What needs to be done.
The answer must be every line of the records below that contains the word "OnOk".
------ Data for review ------
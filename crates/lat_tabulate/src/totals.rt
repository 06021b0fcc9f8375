ghost use Rattle.std.specs.Prelude.{◌≡◌, ◌<◌, ◌≤◌, length};
ghost use Rattle.lat_base.specs.Shape.{target_count};
ghost use Rattle.lat_base.specs.Tally.{mark_count, votes_for, own_total, total};
ghost use Rattle.lat_ballots.specs.Deck.{ballot_at};

use crate::read::total_read;
use lat_ballots::Deck;
use lat_base::Shape;
use lat_misassign::Misassignment;

/// How many targets of contest `c` ballot `j` marks.
#[tactic(auto, using(crate::proofs::Own::counted_bits, crate::proofs::Marks::contest_places))]
pub fn mark_count(shape: &Shape, deck: &Deck, j: u16, c: u16) -> u16
    requires contest { c < length shape.now }
    requires ballot { j < length deck.now.ballots }
    requires targets { deck.now.targets ≡ target_count shape.now }
    ensures { result ≡ mark_count shape.now (ballot_at deck.now j) c }
{
    let _contests = shape.contests();
    let marks = deck.marks(j, shape.first_of(c), shape.first_of(c + 1));
    marks.count_ones() as u16
}

// Whether ballot j votes for u.
fn votes_for(shape: &Shape, deck: &Deck, j: u16, u: u16) -> bool
    requires target { u < target_count shape.now }
    requires ballot { j < length deck.now.ballots }
    requires targets { deck.now.targets ≡ target_count shape.now }
    ensures { result ≡ votes_for shape.now (ballot_at deck.now j) u }
{
    let c = shape.contest_of(u);
    deck.is_marked(j, u) && mark_count(shape, deck, j, c) <= shape.contest(c).limit
}

/// The votes of target `u`: the number of ballots that mark it and have at most the limit of marks
/// in its contest.

pub fn total(shape: &Shape, deck: &Deck, u: u16) -> u32
    requires target { u < target_count shape.now }
    requires targets { deck.now.targets ≡ target_count shape.now }
    ensures votes { result ≡ own_total shape.now deck.now.ballots u }
    ensures few { result ≤ length deck.now.ballots }
{
    let mut votes: u32 = 0;
    for j in 0..deck.ballots() {
        if votes_for(shape, deck, j, u) {
            votes += 1;
        }
    }
    votes
}

/// The votes of target `u` under a misassignment: each ballot is read with the mark of its source
/// at each target, and the overvote test is made on the marks as read.
#[tactic(auto, using(crate::proofs::Marks::are_read))]
pub fn total_under(shape: &Shape, deck: &Deck, s: &Misassignment, u: u16) -> u32
    requires target { u < target_count shape.now }
    requires targets { deck.now.targets ≡ target_count shape.now }
    requires sources { length s.now ≡ target_count shape.now }
    ensures votes { result ≡ total shape.now deck.now.ballots s.now u }
    ensures few { result ≤ length deck.now.ballots }
{
    total_read(shape, deck, s.as_slice(), u)
}
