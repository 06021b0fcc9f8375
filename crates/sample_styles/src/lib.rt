//! Ballot styles that a generator of numbers gives, one after the other, and their rules. What a
//! seed gives is the same on every machine.
#![tactic(auto)]

mod generator;
mod sample;
mod samples;
mod worked;

pub use sample::Sample;
pub use samples::{Samples, sample_rules};
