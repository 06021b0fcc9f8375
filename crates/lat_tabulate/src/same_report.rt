ghost use Rattle.std.specs.Prelude.{◌≡◌, ◌<◌, ◌↔◌, length, IsTrue};
ghost use Rattle.lat_base.specs.Shape.{target_count};
ghost use Rattle.lat_base.specs.Misassignment.{identity};
ghost use Rattle.lat_base.specs.Tally.{report};

use crate::{total, total_under};
use lat_ballots::Deck;
use lat_base::Shape;
use lat_misassign::Misassignment;

/// Whether the totals under a misassignment are those where each target counts for itself.
pub fn leaves_report(shape: &Shape, deck: &Deck, s: &Misassignment) -> bool
    requires targets { deck.now.targets ≡ target_count shape.now }
    requires sources { length s.now ≡ target_count shape.now }
    ensures { IsTrue result ↔ (report shape.now deck.now.ballots s.now
        ≡ report shape.now deck.now.ballots (identity (target_count shape.now))) }
{
    for u in 0..shape.targets() {
        if total_under(shape, deck, s, u) != total(shape, deck, u) {
            return false;
        }
    }
    true
}
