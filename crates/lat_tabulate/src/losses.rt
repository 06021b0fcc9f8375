ghost use Rattle.std.specs.Prelude.{◌≡◌, ◌<◌, ◌≤◌, length};
ghost use Rattle.lat_base.specs.Shape.{target_count};
ghost use Rattle.lat_base.specs.declared.limits.TheConstants.{MOST_TARGETS};
ghost use Rattle.lat_ballots.specs.Deck.{ballot_at};
ghost use Rattle.lat_tabulate.specs.Lost.{marks_of, mark_total, votes_below, lost_marks};

use crate::total;
use lat_ballots::Deck;
use lat_base::Shape;

// How many targets ballot j marks.
fn count_ballot(deck: &Deck, j: u16) -> u32
    requires { j < length deck.now.ballots }
    ensures marks { result ≡ marks_of (ballot_at deck.now j) }
    ensures few { result ≤ MOST_TARGETS }
{
    let _ballots = deck.ballots();
    let mut marks: u32 = 0;
    for t in 0..deck.targets() {
        if deck.is_marked(j, t) {
            marks += 1;
        }
    }
    marks
}

/// How many marks the deck has.
pub fn count_marks(deck: &Deck) -> u32
    ensures { result ≡ mark_total deck.now.ballots }
{
    let mut marks: u32 = 0;
    for j in 0..deck.ballots() {
        marks += count_ballot(deck, j);
    }
    marks
}

// The sum of the totals.
#[tactic(auto, using(crate::proofs::Votes::votes_more))]
fn count_votes(shape: &Shape, deck: &Deck) -> u32
    requires { deck.now.targets ≡ target_count shape.now }
    ensures { result ≡ votes_below shape.now deck.now.ballots (target_count shape.now) }
{
    let _ballots = deck.ballots();
    let mut votes: u32 = 0;
    for u in 0..shape.targets() {
        votes += total(shape, deck, u);
    }
    votes
}

/// The number of marks that give no vote: the marks of the deck less the sum of its totals.
pub fn lost(shape: &Shape, deck: &Deck) -> u32
    requires { deck.now.targets ≡ target_count shape.now }
    ensures { result ≡ lost_marks shape.now deck.now.ballots }
{
    count_marks(deck).saturating_sub(count_votes(shape, deck))
}
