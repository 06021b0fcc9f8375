//! Tabulation: the totals of a deck, as its marks stand and as they are read under a misassignment.
#![tactic(auto)]

mod losses;
mod read;
mod reports;
mod same_report;
mod totals;
mod wanted_report;

pub use losses::{count_marks, lost};
pub use read::total_read;
pub use reports::report;
pub use same_report::leaves_report;
pub use totals::{mark_count, total, total_under};
pub use wanted_report::gives_report;
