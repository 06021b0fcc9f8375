use lat_base::{Id, Shape};

/// A ballot style that was drawn, and its id.
#[derive(Debug, Drop)]
pub struct Sample {
    pub id: Id,
    pub shape: Shape,
}
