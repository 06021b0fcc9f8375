ghost use Rattle.std.specs.Prelude.{◌≡◌, ◌<◌, ◌↔◌, length, IsTrue};
ghost use Rattle.lat_base.specs.Shape.{target_count};
ghost use Rattle.lat_base.specs.Tally.{report};

use crate::total_under;
use lat_ballots::Deck;
use lat_base::Shape;
use lat_misassign::Misassignment;

/// Whether a misassignment gives these totals, one for each target, in ballots.
pub fn gives_report(shape: &Shape, deck: &Deck, s: &Misassignment, totals: &[u32]) -> bool
    requires targets { deck.now.targets ≡ target_count shape.now }
    requires sources { length s.now ≡ target_count shape.now }
    requires totals { length totals.now ≡ target_count shape.now }
    ensures { IsTrue result ↔ (report shape.now deck.now.ballots s.now ≡ totals.now) }
{
    for u in 0..shape.targets() {
        if total_under(shape, deck, s, u) != totals[u as usize] {
            return false;
        }
    }
    true
}
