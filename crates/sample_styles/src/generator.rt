//! The generator, and what is drawn by it.

ghost use Rattle.std.specs.Prelude.{◌≡◌, ◌<◌, IfOk, OnOk};
ghost use Rattle.sample_styles.specs.Drawing.{next, drawn, contest_after, behind_contest, style_after, behind_style};

use lat_base::Contest;
use std::alloc::{AllocError, Global};

// The next number below n.
fn draw(x: &mut u32, n: u16) -> u16
    requires { 0 < n }
    ensures next { x.new ≡ next x.old }
    ensures drawn { result ≡ drawn n (next x.old) }
    ensures below { result < n }
{
    *x = ((u64::from(*x) * 1103515245 + 12345) % 2147483648) as u32;
    (*x / 65536 % u32::from(n)) as u16
}

// The next contest: its targets, and then its limit.
fn draw_contest(x: &mut u32) -> Contest
    ensures contest { result ≡ contest_after x.old }
    ensures behind { x.new ≡ behind_contest x.old }
{
    let targets = 1 + draw(x, 4);
    let limit = 1 + draw(x, 2);
    Contest { limit, targets }
}

/// The contests of the next style: how many there are, and then each in order.
pub fn draw_style(alloc: Global, x: &mut u32) -> Result<Vec<Contest>, AllocError>
    ensures contests { IfOk result (λ contests. contests.items ≡ style_after x.old) }
    ensures behind { OnOk result (x.new ≡ behind_style x.old) }
{
    let count = 1 + draw(x, 3);
    let mut contests = Vec::new(alloc);
    for _ in 0..count {
        contests.push(draw_contest(x))?;
    }
    Ok(contests)
}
------
Written solution.
ghost use Rattle.std.specs.Prelude.{◌≡◌, ◌<◌, IfOk, OnOk};
    ensures behind { OnOk result (x.new ≡ behind_style x.old) }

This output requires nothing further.